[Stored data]

//! The law of generated jobs. A call does nothing at run time; its contract is the law.
ghost use Rattle.demo_jobs.specs.Accepted.{JobsAreAccepted};

/// The four texts of [`make`](crate::make) are accepted by the readers and by the resolution of
/// jobs, whatever the number.
pub fn accepted()
    ensures { JobsAreAccepted }
{
    // printed numbers are read back as themselves
    dec_text::laws::reads_back();
}
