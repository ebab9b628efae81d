//! The laws of valid certificates. A call does nothing; what it ensures is the law.

ghost use Rattle.box_specs.specs.Landscape.{Land};
ghost use Rattle.box_specs.specs.Validity.{FailsUnlessValid};
ghost use Rattle.cert_check.specs.Laws.{GridIsListed, ValidMeans, ValidMeansFor};

/// In every lawful landscape, what a valid certificate claims holds of the plain list of all
/// recipes. A certificate of one whole tree is valid exactly where none of the checks fails.
pub fn validity()
    ensures means { (l : Land) → ValidMeans l }
    ensures lists { (l : Land) → ValidMeansFor l }
    ensures fails { (l : Land) → FailsUnlessValid l }
    ensures plain { (l : Land) → GridIsListed l }
{}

● **Your assignment**:
The lines to return are those in the entries above that include "GridIsListed".

● **Your solution**:
ghost use Rattle.cert_check.specs.Laws.{GridIsListed, ValidMeans, ValidMeansFor};
    ensures plain { (l : Land) → GridIsListed l }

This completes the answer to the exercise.